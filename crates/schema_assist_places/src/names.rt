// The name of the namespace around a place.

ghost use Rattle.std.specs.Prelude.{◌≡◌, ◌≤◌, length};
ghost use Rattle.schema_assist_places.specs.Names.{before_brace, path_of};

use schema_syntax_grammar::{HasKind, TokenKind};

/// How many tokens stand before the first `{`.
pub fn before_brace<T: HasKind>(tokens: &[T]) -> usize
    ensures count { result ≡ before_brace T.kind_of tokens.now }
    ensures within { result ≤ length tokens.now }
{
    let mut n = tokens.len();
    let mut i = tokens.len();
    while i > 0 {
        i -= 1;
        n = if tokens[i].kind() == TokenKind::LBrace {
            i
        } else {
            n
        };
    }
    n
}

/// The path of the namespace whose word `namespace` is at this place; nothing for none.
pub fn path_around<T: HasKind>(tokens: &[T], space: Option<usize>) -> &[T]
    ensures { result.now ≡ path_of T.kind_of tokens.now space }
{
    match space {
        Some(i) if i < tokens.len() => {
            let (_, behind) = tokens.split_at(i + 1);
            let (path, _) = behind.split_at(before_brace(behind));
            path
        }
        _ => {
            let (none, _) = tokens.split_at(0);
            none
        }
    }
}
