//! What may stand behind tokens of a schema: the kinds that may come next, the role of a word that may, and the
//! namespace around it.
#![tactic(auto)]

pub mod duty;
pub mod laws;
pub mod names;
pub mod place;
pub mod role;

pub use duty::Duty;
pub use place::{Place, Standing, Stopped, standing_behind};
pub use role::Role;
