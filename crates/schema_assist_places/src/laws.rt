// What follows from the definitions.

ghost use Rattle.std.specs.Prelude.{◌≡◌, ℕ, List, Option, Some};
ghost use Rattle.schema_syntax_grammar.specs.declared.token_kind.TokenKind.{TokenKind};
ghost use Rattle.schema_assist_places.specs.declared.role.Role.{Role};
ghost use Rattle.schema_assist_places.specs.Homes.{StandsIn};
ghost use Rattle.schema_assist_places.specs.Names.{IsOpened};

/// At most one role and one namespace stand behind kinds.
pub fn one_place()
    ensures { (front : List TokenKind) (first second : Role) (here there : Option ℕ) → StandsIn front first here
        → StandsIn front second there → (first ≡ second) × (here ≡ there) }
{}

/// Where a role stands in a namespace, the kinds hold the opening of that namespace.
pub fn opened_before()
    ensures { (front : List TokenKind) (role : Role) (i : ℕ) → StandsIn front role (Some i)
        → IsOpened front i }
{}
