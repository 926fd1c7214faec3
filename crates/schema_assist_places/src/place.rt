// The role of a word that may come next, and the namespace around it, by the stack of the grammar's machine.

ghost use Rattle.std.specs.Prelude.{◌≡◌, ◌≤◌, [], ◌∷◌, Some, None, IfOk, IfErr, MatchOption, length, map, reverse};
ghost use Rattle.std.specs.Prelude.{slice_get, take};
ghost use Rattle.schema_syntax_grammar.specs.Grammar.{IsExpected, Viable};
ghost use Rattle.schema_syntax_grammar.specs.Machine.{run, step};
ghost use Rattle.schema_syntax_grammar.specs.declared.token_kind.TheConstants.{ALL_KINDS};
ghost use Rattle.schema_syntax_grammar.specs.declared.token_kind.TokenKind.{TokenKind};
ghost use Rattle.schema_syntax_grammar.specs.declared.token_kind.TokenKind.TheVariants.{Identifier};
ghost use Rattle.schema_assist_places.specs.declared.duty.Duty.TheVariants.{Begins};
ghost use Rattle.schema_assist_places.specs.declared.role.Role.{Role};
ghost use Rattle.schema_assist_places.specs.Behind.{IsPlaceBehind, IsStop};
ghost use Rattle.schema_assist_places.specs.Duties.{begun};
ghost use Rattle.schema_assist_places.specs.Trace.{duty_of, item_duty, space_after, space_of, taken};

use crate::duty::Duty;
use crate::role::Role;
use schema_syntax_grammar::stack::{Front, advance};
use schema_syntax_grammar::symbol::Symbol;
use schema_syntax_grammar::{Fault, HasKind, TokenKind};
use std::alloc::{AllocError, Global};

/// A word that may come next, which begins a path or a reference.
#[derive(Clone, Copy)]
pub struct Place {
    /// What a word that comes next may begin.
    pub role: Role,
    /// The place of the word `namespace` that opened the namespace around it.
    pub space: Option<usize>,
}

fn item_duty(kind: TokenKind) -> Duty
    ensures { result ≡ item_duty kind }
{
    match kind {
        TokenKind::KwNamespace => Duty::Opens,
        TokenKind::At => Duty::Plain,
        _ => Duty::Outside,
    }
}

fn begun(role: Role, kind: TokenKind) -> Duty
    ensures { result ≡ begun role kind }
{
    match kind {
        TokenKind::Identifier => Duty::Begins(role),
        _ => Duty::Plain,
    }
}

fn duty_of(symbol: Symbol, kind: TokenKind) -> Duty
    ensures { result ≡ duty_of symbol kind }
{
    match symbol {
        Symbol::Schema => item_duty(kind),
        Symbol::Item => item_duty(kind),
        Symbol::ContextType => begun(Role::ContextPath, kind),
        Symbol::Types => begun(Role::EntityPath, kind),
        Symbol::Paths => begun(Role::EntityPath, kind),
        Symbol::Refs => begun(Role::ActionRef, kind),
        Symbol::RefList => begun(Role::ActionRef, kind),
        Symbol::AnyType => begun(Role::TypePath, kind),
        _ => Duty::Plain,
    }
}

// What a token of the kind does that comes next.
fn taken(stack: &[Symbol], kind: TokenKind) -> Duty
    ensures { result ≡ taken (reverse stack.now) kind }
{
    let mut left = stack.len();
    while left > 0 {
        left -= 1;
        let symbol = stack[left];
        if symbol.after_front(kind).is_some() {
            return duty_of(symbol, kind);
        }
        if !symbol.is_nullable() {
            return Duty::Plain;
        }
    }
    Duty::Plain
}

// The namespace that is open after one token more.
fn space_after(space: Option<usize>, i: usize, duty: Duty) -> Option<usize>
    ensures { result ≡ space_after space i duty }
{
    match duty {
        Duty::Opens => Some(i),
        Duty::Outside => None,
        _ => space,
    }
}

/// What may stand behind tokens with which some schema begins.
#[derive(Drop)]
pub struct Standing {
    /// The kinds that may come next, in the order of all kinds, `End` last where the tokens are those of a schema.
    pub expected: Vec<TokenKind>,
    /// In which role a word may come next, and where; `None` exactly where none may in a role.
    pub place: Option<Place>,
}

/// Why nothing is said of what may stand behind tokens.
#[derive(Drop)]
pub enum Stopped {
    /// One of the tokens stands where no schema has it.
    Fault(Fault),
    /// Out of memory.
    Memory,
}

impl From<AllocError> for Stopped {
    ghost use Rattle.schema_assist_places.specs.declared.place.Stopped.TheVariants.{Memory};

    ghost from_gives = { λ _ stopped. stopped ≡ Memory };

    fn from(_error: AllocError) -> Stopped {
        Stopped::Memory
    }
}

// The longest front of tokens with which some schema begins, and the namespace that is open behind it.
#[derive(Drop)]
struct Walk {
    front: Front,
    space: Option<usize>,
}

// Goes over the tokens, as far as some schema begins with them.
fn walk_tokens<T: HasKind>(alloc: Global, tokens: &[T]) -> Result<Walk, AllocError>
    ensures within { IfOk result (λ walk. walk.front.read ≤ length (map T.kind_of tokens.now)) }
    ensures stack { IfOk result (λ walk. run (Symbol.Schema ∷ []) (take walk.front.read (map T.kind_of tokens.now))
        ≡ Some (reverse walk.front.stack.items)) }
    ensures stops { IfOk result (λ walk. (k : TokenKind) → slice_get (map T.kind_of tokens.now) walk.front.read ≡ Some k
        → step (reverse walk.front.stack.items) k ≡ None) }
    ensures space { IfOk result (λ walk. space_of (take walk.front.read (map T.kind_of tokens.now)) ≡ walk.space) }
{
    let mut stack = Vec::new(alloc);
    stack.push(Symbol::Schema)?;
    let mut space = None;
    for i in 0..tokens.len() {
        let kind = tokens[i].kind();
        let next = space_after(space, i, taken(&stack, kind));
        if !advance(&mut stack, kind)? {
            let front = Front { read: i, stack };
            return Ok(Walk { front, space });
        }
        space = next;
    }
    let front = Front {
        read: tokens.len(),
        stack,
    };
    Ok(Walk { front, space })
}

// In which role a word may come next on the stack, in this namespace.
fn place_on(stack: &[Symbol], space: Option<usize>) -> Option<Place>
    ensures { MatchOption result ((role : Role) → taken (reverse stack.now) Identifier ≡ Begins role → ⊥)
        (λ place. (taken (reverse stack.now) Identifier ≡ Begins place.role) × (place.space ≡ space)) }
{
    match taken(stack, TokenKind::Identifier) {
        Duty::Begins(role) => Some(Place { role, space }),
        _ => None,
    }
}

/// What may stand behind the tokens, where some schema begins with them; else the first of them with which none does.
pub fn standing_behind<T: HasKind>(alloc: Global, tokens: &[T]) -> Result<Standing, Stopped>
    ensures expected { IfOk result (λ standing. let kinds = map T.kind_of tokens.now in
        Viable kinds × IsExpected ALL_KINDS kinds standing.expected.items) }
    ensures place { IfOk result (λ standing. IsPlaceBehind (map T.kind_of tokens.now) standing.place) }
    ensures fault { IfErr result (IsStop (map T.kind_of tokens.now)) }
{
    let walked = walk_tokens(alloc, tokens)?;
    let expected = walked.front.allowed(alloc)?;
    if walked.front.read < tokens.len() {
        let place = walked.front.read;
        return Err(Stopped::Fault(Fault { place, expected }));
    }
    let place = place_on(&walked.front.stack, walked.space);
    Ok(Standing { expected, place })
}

********

Of the records above, copy each line that includes "nothing".

/// The path of the namespace whose word `namespace` is at this place; nothing for none.
/// Why nothing is said of what may stand behind tokens.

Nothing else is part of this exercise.